Aan belanghebbende zijn aanslagen inkomstenbelasting over 2013 en 2014 opgelegd. Ook heeft de inspecteur een vergrijpboete opgelegd van 50% omdat de inspecteur correcties heeft doorgevoerd van het resultaat uit overige werkzaamheden. Daarnaast heeft de inspecteur een vergrijpboete van 300% opgelegd voor het niet-opgeven van vermogen. De inspecteur heeft uit Luxemburg informatie verkregen waaruit is gebleken dat belanghebbende een bedrag van € 596.568,80 heeft opgenomen bij een bank in Luxemburg en dat een saldo resteerde van € 6.082.666,30.

In geschil is onder meer of de vergrijpboete van 300% terecht is opgelegd. De boete van 50% is vernietigd, omdat de inspecteur naar het oordeel van de Rechtbank ten onrechte de correcties heeft doorgevoerd van het resultaat uit overige werkzaamheden.

Naar het oordeel van de Rechtbank is – gelet op de informatie uit Luxemburg – aannemelijk dat belanghebbende in 2013 en 2014 beschikte over aanzienlijke tegoeden op buitenlandse bankrekeningen of in contanten. De inspecteur heeft voor het overige ter onderbouwing van de aan belanghebbende opgelegde aanslagen gebruik gemaakt van bewijsvermoedens.

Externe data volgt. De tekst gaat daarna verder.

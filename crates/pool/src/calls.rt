//! The calls of an open pool. Each is lent the frame bytes, the cells and the store. It asks first whether the memory has its
//! sizes, and supposes nothing where it has not; then come its own questions, and then the work.

ghost use Rattle.std.specs.Prelude.{◌≡◌, ℕ, ◌≤◌, true, ◌&&◌, is_ok, IfErr, None, ◌==◌, nat_lt};
ghost use Rattle.rows.specs.Rows.{Stands};
ghost use Rattle.promise.specs.Serves.{to_borrow, to_view, to_alter, to_return, to_flush, by_pool};
ghost use Rattle.pool.specs.Asked.{holding, sizes_of, Supposed, Asked};
ghost use Rattle.pool.specs.Faults.{refused, layer_of};
ghost use Rattle.pool.specs.Loans.{lent_at, returned_at, Own};
ghost use Rattle.pool.specs.Reading.{loan_in, lent_by, shown_by, altered_by, returned_by, flushed_by, carried};

use crate::faults::PoolFault;
use crate::moving::{place, settle};
use crate::opening::check_sizes;
use crate::state::{Loan, Pool};
use chains::Cell;
use keys::{FrameNo, Key};
use records::{Entry, Report};
use ring::by_key;
use stores::{Store, StoreFault, lay};

// stays: frames, cells and store are parameters of each call. Memory is lent to each, and each takes it in its own way:
// `borrow` all three as `&mut`, `view` all three as `&`, the others some. One struct `Lent { frames: &mut [u8], cells: &mut
// [..], store: &mut S }` would ask `&mut` of every caller, and three clauses more of each method, that a reference keeps its
// name.
impl Pool {
    // 3 and 4: is the lent memory of this pool's sizes?
    fn fits<K: Key, S: Store<K>>(
        &self,
        frames: &[u8],
        cells: &[Cell<Entry<K>>],
        store: &S,
    ) -> Result<(), PoolFault>
        ensures number { refused result ≡ sizes_of (holding self.now frames.now cells.now (S.Store.meant store.now)) }
        ensures layer { IfErr result (λ f. layer_of f ≡ by_pool) }
    {
        check_sizes(self.frames, store.page_size(), frames, cells)
    }

    // 12: has the loan this pool's number, and does its frame carry a loan?
    fn is_good<K: Key + Copy>(&self, cells: &[Cell<Entry<K>>], loan: &Loan) -> bool
        requires { Stands cells.now self.now.ring.table }
        ensures { result ≡ (loan.now.pool.0 == self.now.number.0 && nat_lt 0 (carried K.Key.meaning self.now cells.now loan.now.frame.0)) }
    {
        loan.pool == self.number && self.ring.loans_at(cells, loan.frame) > 0
    }

    /// Borrows a key: its page comes into a frame, and stays there until the loan is returned. The answer is the loan and the
    /// report.
    pub fn borrow<K: Key + Copy, S: Store<K>>(
        &mut self,
        frames: &mut [u8],
        cells: &mut [Cell<Entry<K>>],
        store: &mut S,
        key: K,
    ) -> Result<(Loan, Report<K>), PoolFault>
        requires { Supposed K.Key.meaning (holding self.old frames.old cells.old (S.Store.meant store.old)) }
        ensures asked { Asked K.Key.meaning (to_borrow (K.Key.meaning key)) (holding self.old frames.old cells.old (S.Store.meant store.old)) (lent_by K.Key.meaning result) (holding self.new frames.new cells.new (S.Store.meant store.new)) }
        ensures loans { (f : ℕ) → carried K.Key.meaning self.new cells.new f ≡ lent_at result f (carried K.Key.meaning self.old cells.old f) }
        ensures own { Own self.old result }
    {
        self.fits(frames, cells, store)?;
        if !store.holds(&key) {
            return Err(StoreFault::NotHeld.into());
        }
        let granted = self.ring.borrow_over(cells, self.frames, key)?;
        settle(frames, store, &granted, &key);
        let loan = Loan {
            frame: granted.frame,
            pool: self.number,
        };
        Ok((loan, by_key(granted.report)))
    }

    /// The page under a loan: its frame's part of the frame bytes.
    pub fn view<'a, K: Key + Copy, S: Store<K>>(
        &self,
        frames: &'a [u8],
        cells: &[Cell<Entry<K>>],
        store: &S,
        loan: &Loan,
    ) -> Result<&'a [u8], PoolFault>
        requires { Supposed K.Key.meaning (holding self.now frames.now cells.now (S.Store.meant store.now)) }
        ensures { Asked K.Key.meaning (to_view (loan_in loan.now)) (holding self.now frames.now cells.now (S.Store.meant store.now)) (shown_by result) (holding self.now frames.now cells.now (S.Store.meant store.now)) }
    {
        self.fits(frames, cells, store)?;
        if !self.is_good(cells, loan) {
            return Err(PoolFault::NotOnLoan);
        }
        Ok(&frames[place(loan.frame, store.page_size())])
    }

    /// Lays bytes on the page under a loan, from an offset, and marks it as altered.
    pub fn alter<K: Key + Copy, S: Store<K>>(
        &mut self,
        frames: &mut [u8],
        cells: &mut [Cell<Entry<K>>],
        store: &S,
        loan: &Loan,
        offset: usize,
        bytes: &[u8],
    ) -> Result<(), PoolFault>
        requires { Supposed K.Key.meaning (holding self.old frames.old cells.old (S.Store.meant store.now)) }
        ensures asked { Asked K.Key.meaning (to_alter (loan_in loan.now) offset bytes.now) (holding self.old frames.old cells.old (S.Store.meant store.now)) (altered_by result) (holding self.new frames.new cells.new (S.Store.meant store.now)) }
        ensures loans { (f : ℕ) → carried K.Key.meaning self.new cells.new f ≡ carried K.Key.meaning self.old cells.old f }
    {
        self.fits(frames, cells, store)?;
        if !self.is_good(cells, loan) {
            return Err(PoolFault::NotOnLoan);
        }
        if !store.is_open() {
            return Err(StoreFault::Sealed.into());
        }
        let size = store.page_size();
        if offset > size || bytes.len() > size - offset {
            return Err(PoolFault::PastPage);
        }
        lay(frames, place(loan.frame, size).start + offset, bytes);
        self.ring.mark_page(cells, loan.frame, true);
        Ok(())
    }

    /// Returns a loan. A refusal hands the same loan back, still to be returned.
    pub fn give_back<K: Key + Copy, S: Store<K>>(
        &mut self,
        frames: &[u8],
        cells: &mut [Cell<Entry<K>>],
        store: &S,
        loan: Loan,
    ) -> Result<(), (PoolFault, Loan)>
        requires { Supposed K.Key.meaning (holding self.old frames.now cells.old (S.Store.meant store.now)) }
        ensures asked { Asked K.Key.meaning (to_return (loan_in loan)) (holding self.old frames.now cells.old (S.Store.meant store.now)) (returned_by result) (holding self.new frames.now cells.new (S.Store.meant store.now)) }
        ensures loans { (f : ℕ) → carried K.Key.meaning self.new cells.new f ≡ returned_at loan result f (carried K.Key.meaning self.old cells.old f) }
        ensures granted { sizes_of (holding self.old frames.now cells.old (S.Store.meant store.now)) ≡ None → loan.pool ≡ self.old.number → 1 ≤ carried K.Key.meaning self.old cells.old loan.frame.0 → is_ok result ≡ true }
        ensures back { IfErr result (λ p. p.1 ≡ loan) }
    {
        if let Err(fault) = self.fits(frames, cells, store) {
            return Err((fault, loan));
        }
        if !self.is_good(cells, &loan) {
            return Err((PoolFault::NotOnLoan, loan));
        }
        let Loan { frame, pool: _ } = loan;
        self.ring.give_back(cells, frame);
        Ok(())
    }

    /// Writes every altered page to the store, in order of frame, and clears the marks. The answer is how many it wrote.
    pub fn flush<K: Key + Copy, S: Store<K>>(
        &mut self,
        frames: &[u8],
        cells: &mut [Cell<Entry<K>>],
        store: &mut S,
    ) -> Result<u32, PoolFault>
        requires { Supposed K.Key.meaning (holding self.old frames.now cells.old (S.Store.meant store.old)) }
        ensures asked { Asked K.Key.meaning to_flush (holding self.old frames.now cells.old (S.Store.meant store.old)) (flushed_by result) (holding self.new frames.now cells.new (S.Store.meant store.new)) }
        ensures loans { (f : ℕ) → carried K.Key.meaning self.new cells.new f ≡ carried K.Key.meaning self.old cells.old f }
    {
        self.fits(frames, cells, store)?;
        let mut written = 0;
        // stays: a `for` over frame numbers. With `map` and `sum` a closure would change pool, cells and store, which is more to
        // read, and no place in a list is counted.
        for f in 0..self.frames {
            written += self.flush_frame(frames, cells, store, FrameNo(f));
        }
        Ok(written)
    }
}
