//! Opening a pool: the questions, then the set-up that supposes their yes.

ghost use Rattle.std.specs.Prelude.{◌≡◌, ℕ, ◌&&◌, length, None, IfErr, nat_le};
ghost use Rattle.promise.specs.State.{open_refusal};
ghost use Rattle.promise.specs.Serves.{by_pool};
ghost use Rattle.pool.specs.Faults.{refused, layer_of};
ghost use Rattle.pool.specs.Reading.{carried};
ghost use Rattle.pool.specs.Asked.{holding, sizes, Opened};

use crate::faults::PoolFault;
use crate::state::{Pool, PoolNo};
use chains::Cell;
use keys::Key;
use records::Entry;
use ring::Ring;
use stores::{Store, is_page_size};

const FEWEST_FRAMES: u32 = 2;

const MOST_FRAMES: u32 = 4096;

// 2: may a pool have m frames?
fn is_frame_count(m: u32) -> bool
    ensures { result ≡ (nat_le 2 m && nat_le m 4096) }
{
    (FEWEST_FRAMES..=MOST_FRAMES).contains(&m)
}

// 3 and 4: are there m × P frame bytes, and two cells for each frame?
pub(crate) fn check_sizes<K>(
    m: u32,
    size: usize,
    frames: &[u8],
    cells: &[Cell<Entry<K>>],
) -> Result<(), PoolFault>
    ensures number { refused result ≡ sizes m size (length frames.now) (length cells.now) }
    ensures layer { IfErr result (λ f. layer_of f ≡ by_pool) }
{
    if frames.len() as u128 != m as u128 * size as u128 {
        return Err(PoolFault::FrameBytes);
    }
    if cells.len() != 2 * m as usize {
        return Err(PoolFault::Cells);
    }
    Ok(())
}

impl Pool {
    /// The questions of opening a pool of m frames over the store, with these frame bytes and cells.
    pub fn check<K: Key, S: Store<K>>(
        store: &S,
        m: u32,
        frames: &[u8],
        cells: &[Cell<Entry<K>>],
    ) -> Result<(), PoolFault>
        ensures { refused result ≡ open_refusal (S.Store.meant store.now).size m (length frames.now) (length cells.now) }
    {
        let size = store.page_size();
        if !is_page_size(size) {
            return Err(PoolFault::PageSize);
        }
        if !is_frame_count(m) {
            return Err(PoolFault::FrameCount);
        }
        check_sizes(m, size, frames, cells)
    }

    /// The pool, empty; `check` has said yes. All cells are emptied, and the frame bytes stay as they are found.
    pub fn open<K: Key + Copy, S: Store<K>>(
        number: PoolNo,
        m: u32,
        store: &S,
        frames: &[u8],
        cells: &mut [Cell<Entry<K>>],
    ) -> Pool
        requires { open_refusal (S.Store.meant store.now).size m (length frames.now) (length cells.old) ≡ None }
        ensures opened { Opened K.Key.meaning number.0 m frames.now (S.Store.meant store.now) (holding result frames.now cells.new (S.Store.meant store.now)) }
        ensures number { result.number ≡ number }
        ensures count { result.frames ≡ m }
        ensures loans { (f : ℕ) → carried K.Key.meaning result cells.new f ≡ 0 }
    {
        // with the answer comes the law that every page of the store has P bytes
        let _size = store.page_size();
        let ring = Ring::open(cells, m);
        Pool {
            number,
            frames: m,
            ring,
        }
    }
}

De Rechtbank is van oordeel dat aannemelijk is dat belanghebbende bewust ervoor heeft gekozen bankrekeningen in het buitenland aan te houden om de tegoeden en de inkomsten daaruit op een listige wijze voor de inspecteur verborgen te houden. Bovendien heeft belanghebbende ervoor gekozen de tegoeden in de aangiften niet op te nemen ondanks de op dat moment lopende procedures over de jaren 1999 tot en met 2010. Deze omstandigheden rechtvaardigen in beginsel een vergrijpboete van 300%.

Bij de vraag of de boete passend en geboden is dient de Rechtbank ook acht te slaan op de proportionaliteit van de boete in verband met de ernst van het gepleegde feit. Bij die beoordeling van die ernst slaat de Rechtbank in dit geval ook acht op de persoonlijke omstandigheden van belanghebbende en met name haar geestesgesteldheid. Uit een brief van haar huisarts blijkt dat belanghebbende een verhoogde psychische emotionele kwetsbaarheid heeft. Daarnaast is zij onlangs opgenomen in een psychiatrische instelling en is zij door meerdere psychiaters behandeld. De Rechtbank acht het, mede gelet op het gedrag van belanghebbende ter zitting, niet uitgesloten dat haar psychische klachten heviger zijn geworden als gevolg van de spanning die de procedures over haar belastingaanslagen hebben veroorzaakt. Hoewel het aan belanghebbende is om orde op zaken te stellen en volledige openheid van zaken te geven kan de Rechtbank niet uitsluiten dat dat haar geestesgesteldheid heeft meegespeeld in haar beslissing om ook voor 2013 en 2014 onjuiste aangiften te doen. Deze omstandigheden zijn voor de Rechtbank aanleiding om belanghebbende een verminderd verwijt te maken van het feit dat zij opzettelijk onjuiste aangiften inkomstenbelasting heeft gedaan. De Rechtbank acht een vergrijpboete van 75% passend en geboden.